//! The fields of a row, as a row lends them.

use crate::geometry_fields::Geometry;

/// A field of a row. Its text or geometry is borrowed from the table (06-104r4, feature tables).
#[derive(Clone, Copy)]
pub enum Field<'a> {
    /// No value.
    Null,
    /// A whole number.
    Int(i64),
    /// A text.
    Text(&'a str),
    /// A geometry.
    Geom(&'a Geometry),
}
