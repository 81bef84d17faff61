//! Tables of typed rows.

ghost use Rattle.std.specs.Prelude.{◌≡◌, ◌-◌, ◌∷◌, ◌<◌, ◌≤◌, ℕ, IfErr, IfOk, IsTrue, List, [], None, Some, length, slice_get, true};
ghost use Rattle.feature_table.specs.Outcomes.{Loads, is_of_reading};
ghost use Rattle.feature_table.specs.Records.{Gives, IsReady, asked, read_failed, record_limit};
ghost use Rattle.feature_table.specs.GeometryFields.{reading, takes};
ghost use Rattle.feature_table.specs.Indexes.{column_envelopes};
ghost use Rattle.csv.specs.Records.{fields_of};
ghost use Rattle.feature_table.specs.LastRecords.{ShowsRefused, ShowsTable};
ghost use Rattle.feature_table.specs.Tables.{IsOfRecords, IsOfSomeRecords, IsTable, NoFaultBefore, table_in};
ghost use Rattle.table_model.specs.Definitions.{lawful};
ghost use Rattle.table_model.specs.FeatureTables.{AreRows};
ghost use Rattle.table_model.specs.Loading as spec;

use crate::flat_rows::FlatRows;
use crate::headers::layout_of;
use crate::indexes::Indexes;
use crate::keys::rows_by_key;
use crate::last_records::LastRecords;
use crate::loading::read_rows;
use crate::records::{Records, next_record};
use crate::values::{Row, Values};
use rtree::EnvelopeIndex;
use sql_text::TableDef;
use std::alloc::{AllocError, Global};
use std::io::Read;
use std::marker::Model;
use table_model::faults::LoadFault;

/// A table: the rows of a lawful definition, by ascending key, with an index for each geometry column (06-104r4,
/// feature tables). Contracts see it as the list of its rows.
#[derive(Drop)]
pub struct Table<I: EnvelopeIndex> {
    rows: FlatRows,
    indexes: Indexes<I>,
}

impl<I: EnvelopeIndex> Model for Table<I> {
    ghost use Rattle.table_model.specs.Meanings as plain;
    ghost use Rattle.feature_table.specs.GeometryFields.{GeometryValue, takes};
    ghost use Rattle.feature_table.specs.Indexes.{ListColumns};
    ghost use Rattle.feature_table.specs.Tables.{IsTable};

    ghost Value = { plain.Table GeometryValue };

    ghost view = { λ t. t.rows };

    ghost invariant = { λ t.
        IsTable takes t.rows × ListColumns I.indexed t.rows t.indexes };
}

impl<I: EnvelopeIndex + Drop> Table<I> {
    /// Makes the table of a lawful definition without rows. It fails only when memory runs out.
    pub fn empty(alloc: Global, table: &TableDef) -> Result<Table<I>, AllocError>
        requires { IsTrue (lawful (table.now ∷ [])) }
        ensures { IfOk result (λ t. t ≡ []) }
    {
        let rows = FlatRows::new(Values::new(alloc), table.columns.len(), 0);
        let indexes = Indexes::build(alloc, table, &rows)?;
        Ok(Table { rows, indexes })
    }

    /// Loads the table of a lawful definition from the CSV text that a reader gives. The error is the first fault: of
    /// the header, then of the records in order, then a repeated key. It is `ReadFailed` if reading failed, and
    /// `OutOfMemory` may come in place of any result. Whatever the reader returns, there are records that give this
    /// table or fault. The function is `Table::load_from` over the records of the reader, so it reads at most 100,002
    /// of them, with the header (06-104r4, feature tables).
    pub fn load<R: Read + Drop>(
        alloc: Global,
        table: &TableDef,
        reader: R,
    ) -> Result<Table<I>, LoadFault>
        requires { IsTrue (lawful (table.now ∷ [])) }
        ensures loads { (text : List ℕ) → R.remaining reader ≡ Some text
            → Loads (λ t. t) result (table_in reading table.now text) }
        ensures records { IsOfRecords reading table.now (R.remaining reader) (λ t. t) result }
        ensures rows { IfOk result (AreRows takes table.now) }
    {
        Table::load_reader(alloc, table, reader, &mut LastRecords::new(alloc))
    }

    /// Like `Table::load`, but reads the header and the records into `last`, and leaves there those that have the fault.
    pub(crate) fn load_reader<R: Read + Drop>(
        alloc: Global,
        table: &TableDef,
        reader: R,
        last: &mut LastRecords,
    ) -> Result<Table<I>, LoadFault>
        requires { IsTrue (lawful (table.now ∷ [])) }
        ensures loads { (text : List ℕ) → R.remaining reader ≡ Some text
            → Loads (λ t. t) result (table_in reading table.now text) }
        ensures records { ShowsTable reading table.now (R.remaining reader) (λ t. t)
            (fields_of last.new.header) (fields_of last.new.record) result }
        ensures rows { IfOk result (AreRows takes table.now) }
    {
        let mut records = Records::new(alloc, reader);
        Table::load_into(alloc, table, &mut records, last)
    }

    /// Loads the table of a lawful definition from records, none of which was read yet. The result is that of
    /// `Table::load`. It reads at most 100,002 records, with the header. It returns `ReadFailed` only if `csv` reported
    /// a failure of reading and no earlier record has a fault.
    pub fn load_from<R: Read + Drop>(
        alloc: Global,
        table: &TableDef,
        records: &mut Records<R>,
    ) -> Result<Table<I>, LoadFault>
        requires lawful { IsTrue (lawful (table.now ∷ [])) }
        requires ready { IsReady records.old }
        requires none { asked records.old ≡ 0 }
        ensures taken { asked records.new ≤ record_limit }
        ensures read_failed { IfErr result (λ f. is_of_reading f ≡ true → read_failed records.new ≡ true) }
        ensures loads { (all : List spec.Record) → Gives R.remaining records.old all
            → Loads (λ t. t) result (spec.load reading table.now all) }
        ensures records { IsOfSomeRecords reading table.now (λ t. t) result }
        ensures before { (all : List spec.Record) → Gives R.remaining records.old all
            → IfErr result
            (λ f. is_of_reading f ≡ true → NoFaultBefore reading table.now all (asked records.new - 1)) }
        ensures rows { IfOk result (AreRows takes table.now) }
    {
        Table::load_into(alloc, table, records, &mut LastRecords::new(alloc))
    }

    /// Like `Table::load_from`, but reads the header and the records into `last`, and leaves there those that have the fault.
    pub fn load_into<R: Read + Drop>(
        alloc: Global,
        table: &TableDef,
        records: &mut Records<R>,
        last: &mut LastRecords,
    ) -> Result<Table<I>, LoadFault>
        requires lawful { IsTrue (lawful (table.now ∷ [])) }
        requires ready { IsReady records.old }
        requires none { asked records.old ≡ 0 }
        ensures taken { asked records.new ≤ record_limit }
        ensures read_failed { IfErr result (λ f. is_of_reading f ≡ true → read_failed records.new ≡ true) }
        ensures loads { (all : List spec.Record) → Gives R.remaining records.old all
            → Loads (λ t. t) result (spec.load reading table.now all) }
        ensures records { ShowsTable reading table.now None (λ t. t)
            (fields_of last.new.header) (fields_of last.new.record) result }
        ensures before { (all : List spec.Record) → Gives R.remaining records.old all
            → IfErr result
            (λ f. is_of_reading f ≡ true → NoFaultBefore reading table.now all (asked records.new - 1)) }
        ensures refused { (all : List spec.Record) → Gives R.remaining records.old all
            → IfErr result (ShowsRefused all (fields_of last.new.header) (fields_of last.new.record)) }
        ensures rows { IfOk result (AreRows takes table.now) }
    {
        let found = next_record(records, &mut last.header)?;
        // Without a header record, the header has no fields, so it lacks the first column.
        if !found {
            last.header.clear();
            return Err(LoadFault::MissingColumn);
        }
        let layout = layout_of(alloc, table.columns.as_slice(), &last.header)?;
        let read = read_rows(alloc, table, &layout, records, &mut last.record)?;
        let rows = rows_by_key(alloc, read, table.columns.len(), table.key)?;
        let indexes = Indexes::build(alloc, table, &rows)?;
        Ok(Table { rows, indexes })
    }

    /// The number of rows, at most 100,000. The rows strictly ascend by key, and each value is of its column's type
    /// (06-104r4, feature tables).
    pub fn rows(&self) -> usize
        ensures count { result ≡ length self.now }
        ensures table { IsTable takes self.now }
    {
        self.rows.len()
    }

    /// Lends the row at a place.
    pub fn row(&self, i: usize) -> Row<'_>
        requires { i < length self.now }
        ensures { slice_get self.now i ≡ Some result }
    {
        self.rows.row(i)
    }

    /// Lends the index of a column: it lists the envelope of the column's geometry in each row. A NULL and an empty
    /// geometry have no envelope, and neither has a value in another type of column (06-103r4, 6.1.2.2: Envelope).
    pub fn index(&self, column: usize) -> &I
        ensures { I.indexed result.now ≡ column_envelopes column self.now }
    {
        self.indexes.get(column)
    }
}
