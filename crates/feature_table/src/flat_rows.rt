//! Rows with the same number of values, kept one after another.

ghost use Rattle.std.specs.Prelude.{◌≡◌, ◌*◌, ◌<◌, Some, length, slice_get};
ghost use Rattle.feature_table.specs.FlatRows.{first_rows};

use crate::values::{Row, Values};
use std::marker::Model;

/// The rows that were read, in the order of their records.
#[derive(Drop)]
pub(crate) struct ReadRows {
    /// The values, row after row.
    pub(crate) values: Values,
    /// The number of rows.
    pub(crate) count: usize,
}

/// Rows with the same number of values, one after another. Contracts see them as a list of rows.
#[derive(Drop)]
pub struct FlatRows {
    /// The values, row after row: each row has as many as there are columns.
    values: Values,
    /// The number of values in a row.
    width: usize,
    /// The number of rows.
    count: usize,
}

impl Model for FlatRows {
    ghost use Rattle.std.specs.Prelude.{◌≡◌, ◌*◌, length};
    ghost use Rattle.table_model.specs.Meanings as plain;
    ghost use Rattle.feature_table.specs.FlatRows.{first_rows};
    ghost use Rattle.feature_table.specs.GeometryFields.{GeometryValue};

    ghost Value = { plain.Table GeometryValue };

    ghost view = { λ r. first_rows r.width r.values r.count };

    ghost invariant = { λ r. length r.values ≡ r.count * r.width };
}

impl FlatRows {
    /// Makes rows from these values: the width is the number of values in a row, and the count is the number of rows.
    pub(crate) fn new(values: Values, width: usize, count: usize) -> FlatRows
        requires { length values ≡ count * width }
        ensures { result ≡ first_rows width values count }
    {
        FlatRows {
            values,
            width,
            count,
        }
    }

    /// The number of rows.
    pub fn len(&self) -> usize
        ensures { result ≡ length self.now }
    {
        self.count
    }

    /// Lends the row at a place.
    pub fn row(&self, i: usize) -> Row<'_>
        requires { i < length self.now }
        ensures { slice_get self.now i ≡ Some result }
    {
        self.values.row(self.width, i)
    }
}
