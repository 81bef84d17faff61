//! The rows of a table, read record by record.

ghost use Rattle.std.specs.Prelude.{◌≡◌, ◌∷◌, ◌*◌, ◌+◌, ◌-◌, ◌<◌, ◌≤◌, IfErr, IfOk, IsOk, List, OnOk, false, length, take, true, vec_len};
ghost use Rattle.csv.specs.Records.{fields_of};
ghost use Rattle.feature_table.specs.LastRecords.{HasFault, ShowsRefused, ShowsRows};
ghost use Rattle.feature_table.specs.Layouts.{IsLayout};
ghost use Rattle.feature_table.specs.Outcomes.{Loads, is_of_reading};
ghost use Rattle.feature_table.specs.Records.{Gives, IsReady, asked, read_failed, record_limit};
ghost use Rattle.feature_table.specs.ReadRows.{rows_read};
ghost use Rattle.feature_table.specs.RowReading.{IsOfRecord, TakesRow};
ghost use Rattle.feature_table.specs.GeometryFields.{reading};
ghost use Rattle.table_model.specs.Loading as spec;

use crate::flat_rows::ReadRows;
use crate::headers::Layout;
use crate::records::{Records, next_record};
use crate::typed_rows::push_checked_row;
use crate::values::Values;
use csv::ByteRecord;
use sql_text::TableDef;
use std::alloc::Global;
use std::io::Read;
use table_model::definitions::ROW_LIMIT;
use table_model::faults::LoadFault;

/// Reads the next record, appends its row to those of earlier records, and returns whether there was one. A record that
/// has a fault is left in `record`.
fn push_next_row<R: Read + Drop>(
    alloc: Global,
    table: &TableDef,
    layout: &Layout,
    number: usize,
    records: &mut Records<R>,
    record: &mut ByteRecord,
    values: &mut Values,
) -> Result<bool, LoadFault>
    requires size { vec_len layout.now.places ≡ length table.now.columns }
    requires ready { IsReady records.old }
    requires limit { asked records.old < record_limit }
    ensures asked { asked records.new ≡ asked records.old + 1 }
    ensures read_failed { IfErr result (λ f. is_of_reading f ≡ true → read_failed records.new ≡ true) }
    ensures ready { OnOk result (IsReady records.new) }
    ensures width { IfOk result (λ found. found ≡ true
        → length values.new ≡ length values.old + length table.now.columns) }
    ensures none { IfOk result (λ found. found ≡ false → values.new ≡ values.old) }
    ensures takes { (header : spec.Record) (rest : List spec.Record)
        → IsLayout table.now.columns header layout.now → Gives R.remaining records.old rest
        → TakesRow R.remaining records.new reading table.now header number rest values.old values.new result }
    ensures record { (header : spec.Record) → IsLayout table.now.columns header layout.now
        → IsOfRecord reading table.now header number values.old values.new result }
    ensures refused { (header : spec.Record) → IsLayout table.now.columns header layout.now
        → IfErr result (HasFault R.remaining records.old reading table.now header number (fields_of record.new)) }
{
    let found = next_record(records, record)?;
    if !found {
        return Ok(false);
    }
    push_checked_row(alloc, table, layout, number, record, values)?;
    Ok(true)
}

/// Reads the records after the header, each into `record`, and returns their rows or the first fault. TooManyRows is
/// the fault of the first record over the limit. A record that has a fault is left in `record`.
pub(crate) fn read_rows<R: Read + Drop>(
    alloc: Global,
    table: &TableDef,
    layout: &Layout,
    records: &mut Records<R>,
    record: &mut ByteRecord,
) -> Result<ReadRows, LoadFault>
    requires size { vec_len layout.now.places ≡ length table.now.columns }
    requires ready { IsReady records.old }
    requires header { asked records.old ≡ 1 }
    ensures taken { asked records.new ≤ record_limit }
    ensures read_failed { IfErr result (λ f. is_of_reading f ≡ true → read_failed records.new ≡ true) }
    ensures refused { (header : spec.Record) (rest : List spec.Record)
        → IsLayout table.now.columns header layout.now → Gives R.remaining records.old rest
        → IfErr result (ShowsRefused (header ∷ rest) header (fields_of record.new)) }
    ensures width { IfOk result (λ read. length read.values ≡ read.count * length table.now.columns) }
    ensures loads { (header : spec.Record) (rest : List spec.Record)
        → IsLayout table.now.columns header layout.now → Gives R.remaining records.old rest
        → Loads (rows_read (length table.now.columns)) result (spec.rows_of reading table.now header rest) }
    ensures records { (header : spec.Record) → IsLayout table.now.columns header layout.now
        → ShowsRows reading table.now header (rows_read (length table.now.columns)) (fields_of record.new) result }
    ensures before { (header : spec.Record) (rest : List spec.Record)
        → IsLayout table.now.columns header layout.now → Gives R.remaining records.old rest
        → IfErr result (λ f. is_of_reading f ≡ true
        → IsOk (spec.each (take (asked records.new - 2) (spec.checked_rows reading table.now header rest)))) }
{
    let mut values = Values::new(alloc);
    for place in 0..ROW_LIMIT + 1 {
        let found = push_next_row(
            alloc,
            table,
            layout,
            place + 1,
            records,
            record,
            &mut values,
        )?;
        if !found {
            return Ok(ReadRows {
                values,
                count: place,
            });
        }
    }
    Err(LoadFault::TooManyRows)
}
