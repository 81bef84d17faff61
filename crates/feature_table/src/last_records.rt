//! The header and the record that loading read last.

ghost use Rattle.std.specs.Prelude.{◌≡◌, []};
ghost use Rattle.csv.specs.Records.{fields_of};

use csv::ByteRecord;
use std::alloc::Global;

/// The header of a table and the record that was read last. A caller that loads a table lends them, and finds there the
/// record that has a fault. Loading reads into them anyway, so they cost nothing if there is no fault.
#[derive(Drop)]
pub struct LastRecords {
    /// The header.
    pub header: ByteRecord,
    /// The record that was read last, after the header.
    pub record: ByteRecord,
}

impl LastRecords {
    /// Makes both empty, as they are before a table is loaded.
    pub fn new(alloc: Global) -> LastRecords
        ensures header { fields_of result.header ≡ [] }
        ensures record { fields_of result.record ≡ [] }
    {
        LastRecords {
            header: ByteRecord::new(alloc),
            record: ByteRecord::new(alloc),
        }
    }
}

**The problem:** Give the count of lines in the listing that hold the word "those", with no other text.

**Written solution:** 3